Could you restate the whole listing word for word?

> **TASK MATERIAL**:
◇ ◇ ◇ ◇ ◇

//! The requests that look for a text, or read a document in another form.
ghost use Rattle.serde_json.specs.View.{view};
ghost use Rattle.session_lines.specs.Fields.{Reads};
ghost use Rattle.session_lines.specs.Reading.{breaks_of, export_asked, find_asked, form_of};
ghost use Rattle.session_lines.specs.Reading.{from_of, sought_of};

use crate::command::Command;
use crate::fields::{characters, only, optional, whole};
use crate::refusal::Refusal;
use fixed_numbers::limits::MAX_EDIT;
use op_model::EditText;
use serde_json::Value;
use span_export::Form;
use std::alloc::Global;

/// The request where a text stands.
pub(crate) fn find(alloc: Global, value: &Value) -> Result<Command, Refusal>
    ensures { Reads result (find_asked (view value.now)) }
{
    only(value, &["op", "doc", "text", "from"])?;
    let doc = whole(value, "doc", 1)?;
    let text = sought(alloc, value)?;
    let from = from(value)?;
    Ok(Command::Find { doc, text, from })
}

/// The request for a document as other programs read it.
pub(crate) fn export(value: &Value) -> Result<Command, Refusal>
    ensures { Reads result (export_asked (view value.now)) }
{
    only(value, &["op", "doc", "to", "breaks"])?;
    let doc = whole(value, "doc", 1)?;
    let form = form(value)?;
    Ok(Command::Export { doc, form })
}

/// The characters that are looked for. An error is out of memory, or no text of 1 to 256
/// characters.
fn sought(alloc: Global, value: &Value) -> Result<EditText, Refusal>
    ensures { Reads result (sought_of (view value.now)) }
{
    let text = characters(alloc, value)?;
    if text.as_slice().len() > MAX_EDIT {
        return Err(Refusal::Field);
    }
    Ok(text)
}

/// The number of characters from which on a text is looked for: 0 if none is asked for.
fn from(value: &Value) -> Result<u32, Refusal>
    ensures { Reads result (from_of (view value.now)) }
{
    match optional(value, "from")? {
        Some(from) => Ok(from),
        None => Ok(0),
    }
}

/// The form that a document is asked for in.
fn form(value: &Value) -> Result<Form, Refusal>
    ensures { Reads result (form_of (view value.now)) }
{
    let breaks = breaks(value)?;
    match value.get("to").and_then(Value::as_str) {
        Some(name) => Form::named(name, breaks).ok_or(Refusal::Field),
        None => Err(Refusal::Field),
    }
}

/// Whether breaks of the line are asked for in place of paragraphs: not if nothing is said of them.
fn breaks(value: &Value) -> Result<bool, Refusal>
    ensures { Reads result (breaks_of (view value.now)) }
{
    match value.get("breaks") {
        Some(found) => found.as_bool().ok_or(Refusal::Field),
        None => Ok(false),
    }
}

◇ ◇ ◇ ◇ ◇

> **RESPONSE**:
//! The requests that look for a text, or read a document in another form.
ghost use Rattle.serde_json.specs.View.{view};
ghost use Rattle.session_lines.specs.Fields.{Reads};
ghost use Rattle.session_lines.specs.Reading.{breaks_of, export_asked, find_asked, form_of};
ghost use Rattle.session_lines.specs.Reading.{from_of, sought_of};

use crate::command::Command;
use crate::fields::{characters, only, optional, whole};
use crate::refusal::Refusal;
use fixed_numbers::limits::MAX_EDIT;
use op_model::EditText;
use serde_json::Value;
use span_export::Form;
use std::alloc::Global;

/// The request where a text stands.
pub(crate) fn find(alloc: Global, value: &Value) -> Result<Command, Refusal>
    ensures { Reads result (find_asked (view value.now)) }
{
    only(value, &["op", "doc", "text", "from"])?;
    let doc = whole(value, "doc", 1)?;
    let text = sought(alloc, value)?;
    let from = from(value)?;
    Ok(Command::Find { doc, text, from })
}

/// The request for a document as other programs read it.
pub(crate) fn export(value: &Value) -> Result<Command, Refusal>
    ensures { Reads result (export_asked (view value.now)) }
{
    only(value, &["op", "doc", "to", "breaks"])?;
    let doc = whole(value, "doc", 1)?;
    let form = form(value)?;
    Ok(Command::Export { doc, form })
}

/// The characters that are looked for. An error is out of memory, or no text of 1 to 256
/// characters.
fn sought(alloc: Global, value: &Value) -> Result<EditText, Refusal>
    ensures { Reads result (sought_of (view value.now)) }
{
    let text = characters(alloc, value)?;
    if text.as_slice().len() > MAX_EDIT {
        return Err(Refusal::Field);
    }
    Ok(text)
}

/// The number of characters from which on a text is looked for: 0 if none is asked for.
fn from(value: &Value) -> Result<u32, Refusal>
    ensures { Reads result (from_of (view value.now)) }
{
    match optional(value, "from")? {
        Some(from) => Ok(from),
        None => Ok(0),
    }
}

/// The form that a document is asked for in.
fn form(value: &Value) -> Result<Form, Refusal>
    ensures { Reads result (form_of (view value.now)) }
{
    let breaks = breaks(value)?;
    match value.get("to").and_then(Value::as_str) {
        Some(name) => Form::named(name, breaks).ok_or(Refusal::Field),
        None => Err(Refusal::Field),
    }
}

/// Whether breaks of the line are asked for in place of paragraphs: not if nothing is said of them.
fn breaks(value: &Value) -> Result<bool, Refusal>
    ensures { Reads result (breaks_of (view value.now)) }
{
    match value.get("breaks") {
        Some(found) => found.as_bool().ok_or(Refusal::Field),
        None => Ok(false),
    }
}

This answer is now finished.